The language learning program is also available as an app on iOS and Android.

Take Online Quizzes

There are tons of free online quizzes available with a quick Google search that let you practice the preterite and imperfect.

For example, offers this free preterite vs. imperfect conjugation drill where you need to use the right tense and conjugation for a bunch of different phrases. 

Try This Practice Exercise

Read the sentences below and guess why I used the preterite or the past imperfect in each case before looking at the solutions.

La niña 1. tenía el pelo largo y rubio, y los ojos azules. 2. Miraba por la ventana cuando, de repente, 3. oyó un grito. 4. Se dio la vuelta y 5. vio que su madre 6. estaba de pie, con las manos cubiertas de sangre.

Mi abuelo nunca 7. supo que 8. tenía un hermano.

Mi abuela no 9. sabía que 10. tuvo una hermana.

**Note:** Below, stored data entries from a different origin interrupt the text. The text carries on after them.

//! A container: what processes share and each has of its own beside its machine, the start of a program, and the
//! system calls.
#![tactic(auto)]

mod at_home;
mod call;
mod container;
mod delivery;
mod ending;
pub mod numbers;
mod settling;
mod shared;
mod task;
mod timers;

pub use container::{Container, Launch, Served};
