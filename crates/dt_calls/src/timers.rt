// What live processes wait for in time, and the timers that fire.
ghost use Rattle.std.specs.Prelude.{◌≡◌, None, IsSome};
ghost use Rattle.dt_host.specs.World.{World};
ghost use Rattle.dt_procs.specs.Members.{vpids_of};
ghost use Rattle.dt_procs.specs.Table.{members_of};
ghost use Rattle.dt_calls.specs.InCode.{shared_of};
ghost use Rattle.dt_calls.specs.Sound.{ChangesTasks, KeepsSound, IsSound};
ghost use Rattle.dt_calls.specs.Timers.{sooner, task_due, earliest_after, tasks_after_timer, tasks_after_timers};
ghost use Rattle.dt_calls.specs.Timers.{shared_after_timers, shared_after_jump, earliest_in};

use crate::shared::Shared;
use crate::task::Task;
use dt_procs::Pids;
use dt_tables::Numbered;

impl Shared {
    /// The timers fire that are due.
    #[tactic(auto, unfolding(crate::specs::Timers::shared_after_timers))]
    pub fn fire(&mut self)
        ensures fired { (w : World) → shared_of self.new w ≡ shared_after_timers (shared_of self.old w) }
        ensures kept { ChangesTasks self.old self.new }
    {
        fire_each(&mut self.tasks, &self.pids, self.fs.clock.ticks());
    }

    /// The earliest point of time that a live process waits for; none exactly where no one does.
    pub fn earliest(&self) -> Option<u64>
        ensures { result ≡ earliest_in self.now }
    {
        earliest_of(&self.tasks, &self.pids)
    }

    /// The time comes to a point, and the timers fire that are due then.
    #[tactic(auto, unfolding(crate::specs::Timers::shared_after_jump))]
    pub fn jump(&mut self, due: u64)
        ensures jumped { (w : World) → shared_of self.new w ≡ shared_after_jump due (shared_of self.old w) }
        ensures kept { (w : World) → IsSound self.old w → KeepsSound self.old self.new w }
        ensures pids { self.new.pids ≡ self.old.pids }
    {
        self.fs.clock.reach(due);
        self.fire();
    }
}

impl Task {
    // The point of time that the process waits for: its timer is due then, or its ppoll(2) is over.
    fn due(&self) -> Option<u64>
        ensures { result ≡ task_due self.now }
    {
        sooner(self.signals.due(), self.polling.due())
    }
}

// The sooner of two points of time, where there are such.
fn sooner(first: Option<u64>, second: Option<u64>) -> Option<u64>
    ensures { result ≡ sooner first second }
{
    match (first, second) {
        (Some(first), Some(second)) => Some(first.min(second)),
        (first, None) => first,
        (None, second) => second,
    }
}

// The earliest point of time that a live process waits for.
fn earliest_of(tasks: &Numbered<Task>, pids: &Pids) -> Option<u64>
    ensures { result ≡ earliest_after None (vpids_of (members_of pids.now)) tasks.now }
{
    let mut earliest = None;
    for index in 0..pids.count() {
        if let Some(task) = tasks.get(u64::from(pids.vpid_at(index))) {
            earliest = sooner(earliest, task.due());
        }
    }
    earliest
}

// The timers of live processes fire that are due at these ticks.
fn fire_each(tasks: &mut Numbered<Task>, pids: &Pids, ticks: u64)
    ensures { tasks.new ≡ tasks_after_timers ticks (vpids_of (members_of pids.now)) tasks.old }
{
    for index in 0..pids.count() {
        fire_at(tasks, pids.vpid_at(index), ticks);
    }
}

// The timer of a process fires where it is due, if the process lives.
fn fire_at(tasks: &mut Numbered<Task>, vpid: u32, ticks: u64)
    ensures { tasks.new ≡ tasks_after_timer ticks vpid tasks.old }
{
    match tasks.get_mut(u64::from(vpid)) {
        Some(task) => task.signals.fire(ticks),
        None => {}
    }
}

En aquel tiempo 11. era normal tener perros en casa, pero mi madre no 12. quería. Todos los días yo le 13. pedía varias veces que me comprara un perro, pero nunca 14. decía que sí. Un día, sin embargo, 15. llegó a casa con el pequeño Chuckles en una caja.

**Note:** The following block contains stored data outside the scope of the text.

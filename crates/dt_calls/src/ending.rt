// The end of processes.
ghost use Rattle.std.specs.Prelude.{◌≡◌, ◌≢◌, ℕ, ◌<◌, ◌^◌, IsSome, OnOk, IsErrOf, ◌++◌};
ghost use Rattle.std.specs.List.{All};
ghost use Rattle.std.specs.FinMap.{get, keys};
ghost use Rattle.dt_host.specs.Cause.{HasCause};
ghost use Rattle.dt_calls.specs.Ends.{shared_after_one_end, shared_after_kills, kill_events, shared_after_end};
ghost use Rattle.dt_calls.specs.Ends.{end_events};
ghost use Rattle.dt_calls.specs.InCode.{shared_of};
ghost use Rattle.dt_calls.specs.Sound.{IsSound};

use crate::shared::Shared;
use dt_base::abi::{SIGCHLD, SIGKILL};
use dt_base::{End, Event, FIRST_PID, NoMemory};
use dt_host::{Host, HostErr};

impl Shared {
    /// Ends a process, and after the first one all others that live: what each has open is closed, it holds its working
    /// directory no longer, and it is a zombie (_exit(2)). The ends that show are added to the events.
    #[tactic(auto, unfolding(crate::specs::Ends::shared_after_end))]
    pub fn end<H: Host>(
        &mut self,
        host: &mut H,
        vpid: u32,
        end: End,
        events: &mut Vec<Event>,
    ) -> Result<(), HostErr>
        requires sound { IsSound self.old (H.view host.old) }
        requires lives { IsSome (get self.old.tasks vpid) }
        ensures ended { OnOk result (shared_of self.new (H.view host.new)
            ≡ shared_after_end vpid end (shared_of self.old (H.view host.old))) }
        ensures shown { OnOk result (events.new.items
            ≡ events.old.items ++ end_events vpid end (shared_of self.old (H.view host.old))) }
        ensures sound { OnOk result (IsSound self.new (H.view host.new)) }
        ensures next { OnOk result (self.new.pids.next ≡ self.old.pids.next) }
        ensures others { (q : ℕ) → vpid ≢ FIRST_PID → q ≢ vpid → OnOk result
            (IsSome (get self.old.tasks q) → IsSome (get self.new.tasks q)) }
        ensures cause { HasCause (H.count host.old) (H.count host.new) (IsErrOf result HostErr.Failed) }
    {
        let _before = host.faults();
        // A proof learns here that pids fit 32 bits.
        let _next = self.pids.next();
        events.push(Event::Exit(vpid, end))?;
        self.end_one(host, vpid, end)?;
        if vpid == FIRST_PID {
            let others = self.tasks.numbers()?;
            show_kills(events, &others)?;
            self.kill_each(host, &others)?;
        }
        Ok(())
    }

    #[tactic(auto, unfolding(crate::specs::Ends::shared_after_one_end))]
    fn end_one<H: Host>(&mut self, host: &mut H, vpid: u32, end: End) -> Result<(), HostErr>
        requires sound { IsSound self.old (H.view host.old) }
        requires lives { IsSome (get self.old.tasks vpid) }
        ensures ended { OnOk result (shared_of self.new (H.view host.new)
            ≡ shared_after_one_end vpid end (shared_of self.old (H.view host.old))) }
        ensures sound { OnOk result (IsSound self.new (H.view host.new)) }
        ensures next { OnOk result (self.new.pids.next ≡ self.old.pids.next) }
        ensures cause { HasCause (H.count host.old) (H.count host.new) (IsErrOf result HostErr.Failed) }
    {
        let _before = host.faults();
        let cwd = self.cwd(vpid);
        let parent = self.pids.parent(vpid).unwrap_or(0);
        self.fs.files.drop_all(host, &mut self.fs.tree, vpid)?;
        self.fs.tree.release(host, cwd)?;
        self.tasks.take(u64::from(vpid));
        self.pids.ended(vpid, end);
        self.raise(parent, SIGCHLD);
        Ok(())
    }

    // Kills processes, one after the other.
    #[tactic(auto, unfolding(crate::specs::Ends::shared_after_kills))]
    fn kill_each<H: Host>(&mut self, host: &mut H, vpids: &[u64]) -> Result<(), HostErr>
        requires sound { IsSound self.old (H.view host.old) }
        requires all { keys self.old.tasks ≡ vpids.now }
        requires small { All (λ v. v < 2 ^ 32) vpids.now }
        ensures killed { OnOk result (shared_of self.new (H.view host.new)
            ≡ shared_after_kills vpids.now (shared_of self.old (H.view host.old))) }
        ensures sound { OnOk result (IsSound self.new (H.view host.new)) }
        ensures next { OnOk result (self.new.pids.next ≡ self.old.pids.next) }
        ensures cause { HasCause (H.count host.old) (H.count host.new) (IsErrOf result HostErr.Failed) }
    {
        let _before = host.faults();
        for vpid in vpids {
            self.end_one(host, *vpid as u32, End::Signal(SIGKILL))?;
        }
        Ok(())
    }
}

// Shows that processes were killed.
fn show_kills(events: &mut Vec<Event>, vpids: &[u64]) -> Result<(), NoMemory>
    requires { All (λ v. v < 2 ^ 32) vpids.now }
    ensures { OnOk result (events.new.items ≡ events.old.items ++ kill_events vpids.now) }
{
    for vpid in vpids {
        events.push(Event::Exit(*vpid as u32, End::Signal(SIGKILL)))?;
    }
    Ok(())
}
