// What the processes of a container share, and the task of each.
ghost use Rattle.std.specs.Prelude.{◌≡◌, ◌+◌, ◌≤◌, IsSome, IfOk, OnOk, IsErrOf};
ghost use Rattle.std.specs.FinMap.{empty, get};
ghost use Rattle.std.specs.FinSet as pid_set;
ghost use Rattle.dt_host.specs.Cause.{HasCause};
ghost use Rattle.dt_host.specs.World.{IsEmptyStart};
ghost use Rattle.dt_base.specs.declared.abi.TheConstants.{SIGNAL_LIMIT};
ghost use Rattle.dt_base.specs.Image.{ImageParts};
ghost use Rattle.dt_tree.specs.ImageTree.{image_tree};
ghost use Rattle.dt_tree.specs.Table.{Stands, tree_of};
ghost use Rattle.dt_calls.specs.Container.{first_shared, task_in, tasks_after_raise};
ghost use Rattle.dt_calls.specs.InCode.{shared_of};
ghost use Rattle.dt_calls.specs.Sound.{IsSound, ChangesTasks};

use crate::task::{Task, raise_at};
use dt_base::{Blob, FIRST_PID};
use dt_callbase::Fs;
use dt_fds::Files;
use dt_host::{Host, HostErr};
use dt_procs::Pids;
use dt_tables::Numbered;
use dt_tree::{ROOT, Tree};
use dt_virt::{Clock, Rand};
use std::alloc::Global;

/// All of a container but the machines of its processes: the file tree, the open files, the logical time and the seed's
/// words, the processes as their kin see them, and the task of each that lives.
#[derive(Drop)]
pub struct Shared {
    pub fs: Fs,
    pub pids: Pids,
    pub tasks: Numbered<Task>,
}

impl Shared {
    /// What the first process finds on an image's tree, whose root is its working directory: the input and the output
    /// streams are open, the input is empty, the time is 0, and the words are those of a seed.
    pub fn new<H: Host>(
        alloc: Global,
        host: &mut H,
        mut tree: Tree,
        seed: u64,
    ) -> Result<Self, HostErr>
        requires stands { Stands tree (H.view host.old).forest }
        requires image { (image : ImageParts) × (tree_of tree (H.view host.old).forest ≡ image_tree image) }
        requires no_pids { (H.view host.old).pids ≡ pid_set.empty }
        requires no_pipes { (H.view host.old).pipes ≡ empty }
        ensures ok { IfOk result (λ c. shared_of c (H.view host.new)
            ≡ first_shared (tree_of tree (H.view host.old).forest) seed) }
        ensures next { IfOk result (λ c. c.pids.next ≡ FIRST_PID + 1) }
        ensures sound { IfOk result (λ c. IsSound c (H.view host.new)) }
        ensures task { IfOk result (λ c. IsSome (get c.tasks FIRST_PID)) }
        ensures cause { HasCause (H.count host.old) (H.count host.new) (IsErrOf result HostErr.Failed) }
    {
        tree.hold(host, ROOT)?;
        let pids = Pids::first(alloc, host)?;
        let mut tasks = Numbered::new(alloc);
        tasks.put(u64::from(FIRST_PID), Task::first())?;
        Ok(Shared {
            fs: Fs {
                tree,
                files: Files::first(alloc, FIRST_PID)?,
                clock: Clock::new(),
                rand: Rand::new(seed),
                input: Blob::new(Vec::new(alloc)),
            },
            pids,
            tasks,
        })
    }

    /// Lets the tree, the pipes and the pids go at the host, which has no others.
    pub fn clear<H: Host>(self, host: &mut H) -> Result<(), HostErr>
        requires { IsSound self (H.view host.old) }
        ensures empty { OnOk result (IsEmptyStart (H.view host.new)) }
        ensures root { OnOk result ((H.view host.new).forest.root ≡ (H.view host.old).forest.root) }
        ensures cause { HasCause (H.count host.old) (H.count host.new) (IsErrOf result HostErr.Failed) }
    {
        let Shared { fs, pids, .. } = self;
        let Fs { tree, files, .. } = fs;
        tree.clear(host)?;
        files.pipes.clear(host)?;
        pids.clear(host)
    }

    /// The working directory of a live process, by its inode.
    pub fn cwd(&self, vpid: u32) -> u64
        requires { IsSome (get self.now.tasks vpid) }
        ensures { result ≡ (task_in self.now.tasks vpid).caller.cwd }
    {
        let Some(task) = self.tasks.get(u64::from(vpid)) else {
            unreachable!()
        };
        task.caller.cwd
    }

    /// Lets a signal be pending at a process, if that lives.
    pub fn raise(&mut self, vpid: u32, signal: u8)
        requires least { 1 ≤ signal }
        requires greatest { signal ≤ SIGNAL_LIMIT }
        ensures raised { self.new ≡ record self.old { tasks = tasks_after_raise vpid signal self.old.tasks } }
        ensures kept { ChangesTasks self.old self.new }
    {
        raise_at(&mut self.tasks, vpid, signal);
    }
}
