impl Minding {
    fn by_own(&mut self, minded: Minded)
        ensures { self.new ≡ definition.by_own minded self.old }
    {
        self.own = minded.manners;
        self.seen.adds(minded);
    }

    /// A command.
    fn asks(&mut self, p: bool)
        ensures { self.new ≡ definition.asks p self.old }
    {
        if p {
            self.by_own(self.own.asks());
        }
    }

    /// A response, where it is shown or not what it may answer.
    fn answers(&mut self, f: bool, is_shown: bool)
        ensures { self.new ≡ definition.answers f is_shown self.old }
    {
        if f {
            let minded = self.other.answered(is_shown);
            self.other = minded.manners;
            self.seen.adds(minded);
        }
    }

    fn bits(&mut self, command: bool, pf: bool, is_shown: bool)
        ensures { self.new ≡ definition.bits command pf is_shown self.old }
    {
        if command {
            self.asks(pf);
        } else {
            self.answers(pf, is_shown);
        }
    }

    /// Numbers of the end begin anew.
    fn begins(&mut self)
        ensures { self.new ≡ definition.begins self.old }
    {
        self.own = self.own.begun();
    }

    /// The N(S) of an I frame. An end that isn't known to be in a session may leave numbers out in front of it.
    fn counts(&mut self, window: u8, sent: &Sent, ns: u8, p: bool)
        ensures { self.new ≡ definition.counts_in sent.now.facts.stand sent.now.told window sent.now ns p self.old }
    {
        let differs = matches!(self.seen.rule, Some(Rule::Differs));
        match (sent.facts.stand, sent.told) {
            (Stand::Up(k), _) => self.by_own(minded(window, k, sent, ns, p, differs, self.own)),
            (stand, Told::Skips(_)) => {
                self.by_own(self.own.sends(window, place_in(stand), ns, p, true));
            }
            _ => {}
        }
    }

    /// An N(R), to an end that may be in these places.
    fn hears(&mut self, sent: &Sent, to: &LinkSet, nr: u8)
        ensures { self.new ≡ definition.hears sent.now to.now nr self.old }
    {
        if sent.takes_unread {
            let note = heard_note(sent.facts.stand, nr, place(to).next);
            self.seen.note = first_note(self.seen.note, note);
        }
        self.own = self.own.hears(is_above(sent.facts.stand, nr));
        self.other = self.other.heard();
    }

    /// What may set V(S) of the other end back to an N(R).
    fn sends_back(&mut self, to: &LinkSet, nr: u8)
        ensures { self.new ≡ definition.sends_back to.now nr self.old }
    {
        self.other = self.other.sent_back(apart(place(to).next, nr));
    }

    /// RR or RNR.
    fn ready(&mut self, sent: &Sent, to: &LinkSet, command: bool, nr: u8, pf: bool)
        ensures { self.new ≡ definition.ready_minded sent.now to.now command nr pf self.old }
    {
        self.bits(command, pf, sent.facts.is_known);
        self.hears(sent, to, nr);
        if pf && !command {
            self.sends_back(to, nr);
        }
    }

    /// REJ.
    fn reject(&mut self, sent: &Sent, to: &LinkSet, command: bool, nr: u8, pf: bool)
        ensures { self.new ≡ definition.reject_minded sent.now to.now command nr pf self.old }
    {
        self.bits(command, pf, sent.facts.is_known);
        self.hears(sent, to, nr);
        self.by_own(self.own.rejects(sent.facts.is_sure));
        self.sends_back(to, nr);
    }

    /// UA.
    fn accepts(&mut self, f: bool, is_shown: bool)
        ensures { self.new ≡ definition.accepts f is_shown self.old }
    {
        if self.seen.rule.is_none() {
            self.begins();
            self.answers(f, is_shown);
        }
    }

    /// A frame, to an end that may be in these places.
    #[tactic(auto, unfolding(crate::specs::Links::minds))]
    fn minds(&mut self, window: u8, sent: &Sent, to: &LinkSet, frame: &Frame)
        ensures { self.new ≡ definition.minds window sent.now to.now (plain frame.now) self.old }
    {
        match frame {
            Frame::I { ns, nr, p, .. } => {
                self.asks(*p);
                self.counts(window, sent, ns.get(), *p);
                self.hears(sent, to, nr.get());
            }
            Frame::Rr { command, nr, pf } | Frame::Rnr { command, nr, pf } => {
                self.ready(sent, to, *command, nr.get(), *pf);
            }
            Frame::Rej { command, nr, pf } => self.reject(sent, to, *command, nr.get(), *pf),
            Frame::Sabm { p } => {
                self.begins();
                self.asks(*p);
            }
            Frame::Disc { p } => self.asks(*p),
            Frame::Ua { f } => self.accepts(*f, sent.facts.is_shown),
            Frame::Dm { f } | Frame::Frmr { f, .. } => self.answers(*f, sent.facts.is_shown),
        }
    }
}

/// Whether it isn't known where one of them stands.
fn is_blind(own: &End, other: &End) -> bool
    ensures { result ≡ definition.is_blind own.now other.now }
{
    !own.set.is_known() || !other.set.is_known()
}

Todos los martes 16. solía ir al cine cuando 17. tenía 20 años. Una vez 18. fui con mi hermano y 19. vimos una película tan triste que 20. acabamos los dos llorando.


1. We use the imperfect when describing people.

2. We use the imperfect when a past action lasted in time.

3. De repente triggers the preterite.

4. One-time, completed events require the preterite.

5. One-time, completed events require the preterite.

6. Actions lasting in time and descriptions of situations are expressed with the imperfect.

7. Finished actions (my grandpa is dead) are expressed with the preterite.

8. We use the imperfect with actions that lasted in time (my grandpa’s brother was still alive when he died).

9. We use the imperfect with actions that lasted in time (at that time my grandma was still alive).

10. We use the preterite because the action was already completed (my grandma’s sister was already dead).

11. En aquel tiempo triggers the imperfect.

12. My mother not wanting to have a dog was an action that lasted in time.

13. Todos los días triggers the imperfect.

14. Nunca triggers the imperfect in this kind of context when the action (or in this case, the lack of action—not saying yes) repeated itself and lasted in time.

15. Un día triggers the preterite.

16. Todos los martes signals a repeated action, and it triggers the imperfect.

17. Cuando tenía 20 años is a typical imperfect construction.

18. Una vez triggers the preterite.

19. We use the preterite with one-time, completed actions.

20. The verb acabar (to finish) signals a result or the end of an action, and we express completed actions with the preterite.


Congratulations—you now know everything you need to master the preterite and past imperfect in Spanish!

Don’t worry if you can’t remember everything now. It may take some time until it sinks in, but I hope you’ve enjoyed reading this post as much as I have enjoyed writing it!